Thank you. [Operator Instructions] And our next question comes from Kyle Rose of Canaccord Genuity. Your line is now open.

Good morning. This is Dan on the line for Kyle. I was wondering the patients that are enrolling in the study soon or does that materially influence the ability to get the submission in earlier than the expected timeline right now. And if so how does that impact approval.

No. I don't believe there'll be any impact. The timelines that we've provided publicly, which is enrollment completed by second quarter of ‘17, top line data readouts by mid-2018, that all sort of contemplated in our public guidance. So we believe that those time lines are on track. We've indicated that there are some potential upside in terms of completion of enrollment which we’ll continue to update our investors on, but otherwise all the timelines very much incorporate our expected time to capture the data, turnaround for data based laws and then of course capturing any of the patient reported outcomes.

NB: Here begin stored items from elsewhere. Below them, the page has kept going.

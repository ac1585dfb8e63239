//! The sizes of a declaration's own terms.

ghost use Rattle.std.specs.Prelude.{◌≡◌, ◌∷◌, [], cond, map};
ghost use Rattle.lus_tree.specs.Tree.{text_of};
ghost use Rattle.lus_tree.specs.View.{contract_item_view, definition_view, expr_view, item_view, named_view, param_view, word_view};
ghost use Rattle.lus_meaning.specs.Depends.{named_in};
ghost use Rattle.lus_meaning.specs.Scene.{base, clock_from, clock_of_names};
ghost use Rattle.lus_meaning.specs.Sizes.{free_size, given_size, leaf, one, presence, size_in, two};
ghost use Rattle.lus_streams.specs.Clocks.{clock_seen};
ghost use Rattle.lus_limits.specs.Inner.{inner_in};
ghost use Rattle.lus_limits.specs.Measured.{modes_view, size_view};
ghost use Rattle.lus_streams.specs.Names.{names_view};
ghost use Rattle.lus_limits.specs.OwnTerms.{all_contract_terms, body_terms, constant_terms, contract_terms, free_terms, inner_each, inner_labelled, side_on, statement_terms};
ghost use Rattle.lus_limits.specs.Peaks.{no_size};
ghost use Rattle.lus_limits.specs.SizeCuts.{cut_term};

use crate::inner::{given, import_terms, inner};
use crate::measuring::{Scope, measure};
use crate::presence::presence;
use crate::term_size::{Size, greater, leaf, no_size, one, two};
use lus_streams::clock::{Clock, declared};
use lus_streams::lookup::side_clock;
use lus_streams::names::Names;
use lus_tree::{ContractItem, Definition, Expr, Item, Named, Param};
use name_table::NameTable;

/// Of an equation of names on a clock, and of what stands in its right side, on another.
#[tactic(auto, using(crate::proofs::Greatest::greater_cuts, crate::proofs::Greatest::given_cut))]
fn side_terms<'a>(scope: &Scope<'a, '_>, own: Clock<'a>, clock: Clock<'a>, e: &'a Expr) -> Size
    ensures { size_view result ≡ cut_term (side_on (names_view scope.now.names) (modes_view scope.now.modes.now)
        (clock_seen own.entry) (clock_seen clock.entry) (expr_view e.now)) }
{
    let value = measure(scope, e).size;
    greater(
        given(presence(scope.names, own), value),
        inner(scope, clock, e),
    )
}

/// Of what stands in labelled expressions.
#[tactic(auto, using(crate::proofs::Greatest::greatest_on, crate::proofs::Greatest::greatest_cut, crate::proofs::Greatest::greatest_end))]
fn inner_labelled<'a>(scope: &Scope<'a, '_>, labelled: &'a [Named]) -> Size
    ensures { size_view result ≡ cut_term (inner_labelled (names_view scope.now.names)
        (modes_view scope.now.modes.now) (map named_view labelled.now)) }
{
    let mut size = no_size();
    for named in labelled {
        size = greater(size, inner(scope, Clock::Base, &named.value));
    }
    size
}

/// Of what stands in expressions.
#[tactic(auto, using(crate::proofs::Greatest::greatest_on, crate::proofs::Greatest::greatest_cut, crate::proofs::Greatest::greatest_end))]
fn inner_each<'a>(scope: &Scope<'a, '_>, values: &'a [Expr]) -> Size
    ensures { size_view result ≡ cut_term (inner_each (names_view scope.now.names)
        (modes_view scope.now.modes.now) (map expr_view values.now)) }
{
    let mut size = no_size();
    for value in values {
        size = greater(size, inner(scope, Clock::Base, value));
    }
    size
}

/// Of an item of a contract.
#[tactic(auto, using(crate::proofs::Greatest::greater_cuts))]
fn contract_terms<'a>(scope: &Scope<'a, '_>, item: &'a ContractItem) -> Size
    ensures { size_view result ≡ cut_term (contract_terms (names_view scope.now.names)
        (modes_view scope.now.modes.now) (contract_item_view item.now)) }
{
    match item {
        ContractItem::Assume(named) | ContractItem::Guarantee(named) => {
            inner(scope, Clock::Base, &named.value)
        }
        ContractItem::Ghost(stream, value) => {
            let own = scope.names.clock_or_base(&stream.name.text);
            side_terms(scope, own, Clock::Base, value)
        }
        ContractItem::Constant(constant) => inner(scope, Clock::Base, &constant.value),
        ContractItem::Mode(_, required, ensured) => {
            greater(
                inner_labelled(scope, required),
                inner_labelled(scope, ensured),
            )
        }
        ContractItem::Import(_, _, arguments, _) => {
            greater(import_terms(scope, arguments), inner_each(scope, arguments))
        }
    }
}

/// Of the items of a contract.
#[tactic(auto, using(crate::proofs::Greatest::greatest_on, crate::proofs::Greatest::greatest_cut, crate::proofs::Greatest::greatest_end))]
pub(crate) fn all_contract_terms<'a>(scope: &Scope<'a, '_>, items: &'a [ContractItem]) -> Size
    ensures { size_view result ≡ cut_term (all_contract_terms (names_view scope.now.names)
        (modes_view scope.now.modes.now) (map contract_item_view items.now)) }
{
    let mut size = no_size();
    for item in items {
        size = greater(size, contract_terms(scope, item));
    }
    size
}

/// Of what stands in constants.
#[tactic(auto, using(crate::proofs::Greatest::greatest_on, crate::proofs::Greatest::greatest_cut, crate::proofs::Greatest::greatest_end))]
pub(crate) fn constant_terms<'a>(scope: &Scope<'a, '_>, constants: &'a [Definition]) -> Size
    ensures { size_view result ≡ cut_term (constant_terms (names_view scope.now.names)
        (modes_view scope.now.modes.now) (map definition_view constants.now)) }
{
    let mut size = no_size();
    for constant in constants {
        size = greater(size, inner(scope, Clock::Base, &constant.value));
    }
    size
}

/// Of an item of a body.
#[tactic(auto, using(crate::proofs::Greatest::greater_cuts))]
fn statement_terms<'a>(scope: &Scope<'a, '_>, item: &'a Item) -> Size
    ensures { size_view result ≡ cut_term (statement_terms (names_view scope.now.names)
        (modes_view scope.now.modes.now) (item_view item.now)) }
{
    match item {
        Item::Equation(words, value) => {
            let clock = side_clock(scope.names, words);
            side_terms(scope, clock, clock, value)
        }
        Item::Assert(value) => {
            let asserted = one(two(leaf(), one(measure(scope, value).size)));
            greater(asserted, inner(scope, Clock::Base, value))
        }
        Item::Property(named) => inner(scope, Clock::Base, &named.value),
        Item::Main(_) => no_size(),
    }
}

/// Of the items of a body.
#[tactic(auto, using(crate::proofs::Greatest::greatest_on, crate::proofs::Greatest::greatest_cut, crate::proofs::Greatest::greatest_end))]
pub(crate) fn body_terms<'a>(scope: &Scope<'a, '_>, items: &'a [Item]) -> Size
    ensures { size_view result ≡ cut_term (body_terms (names_view scope.now.names)
        (modes_view scope.now.modes.now) (map item_view items.now)) }
{
    let mut size = no_size();
    for item in items {
        size = greater(size, statement_terms(scope, item));
    }
    size
}

/// Of a stream that nothing gives.
fn free(presence: Size) -> Size
    ensures { size_view result ≡ cut_term (free_size (size_view presence)) }
{
    one(two(one(presence), one(two(leaf(), leaf()))))
}

/// Of a stream, where it is not among these names.
pub(crate) fn free_term<'a>(known: &NameTable, names: Names<'a, '_>, stream: &'a Param) -> Size
    ensures { size_view result ≡ cut_term (cond (named_in (word_view (stream.now).name).text known.now) no_size
        (free_size (presence (names_view names.entry) (clock_from (param_view stream.now).clock)))) }
{
    if known.has(&stream.name.text) {
        no_size()
    } else {
        free(presence(names, declared(&stream.clock)))
    }
}

/// Of the streams that are not among these names.
#[tactic(auto, using(crate::proofs::Greatest::greatest_on, crate::proofs::Greatest::greatest_cut, crate::proofs::Greatest::greatest_end))]
pub(crate) fn free_terms<'a>(known: &NameTable, names: Names<'a, '_>, streams: &'a [Param]) -> Size
    ensures { size_view result ≡ cut_term (free_terms known.now (names_view names.entry) (map param_view streams.now)) }
{
    let mut size = no_size();
    for stream in streams {
        size = greater(size, free_term(known, names, stream));
    }
    size
}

Thank you. [Operator Instructions] And I'm showing no further questions at this time. I would now like to turn the call back over to Adam Gridley, CEO for any further remarks.

Thank you, operator and thanks to our shareholders for participating in our quarterly call. We're very proud of the progress we've made over the last several quarters. This is an extremely difficult phase that has historically been under served and we look forward to reporting our continued progress as we wrap up enrollment of the NeoCart trial. We acknowledge and we're grateful for the continued support of our investors, our employees and investigators as we develop this important new personalized therapy for cartilage defects. We look forward to updating you on our next call. Have a good day.

Ladies and gentlemen, thank you for participating in today's conference. This concludes today's program. You may all disconnect. Everyone, have a great day.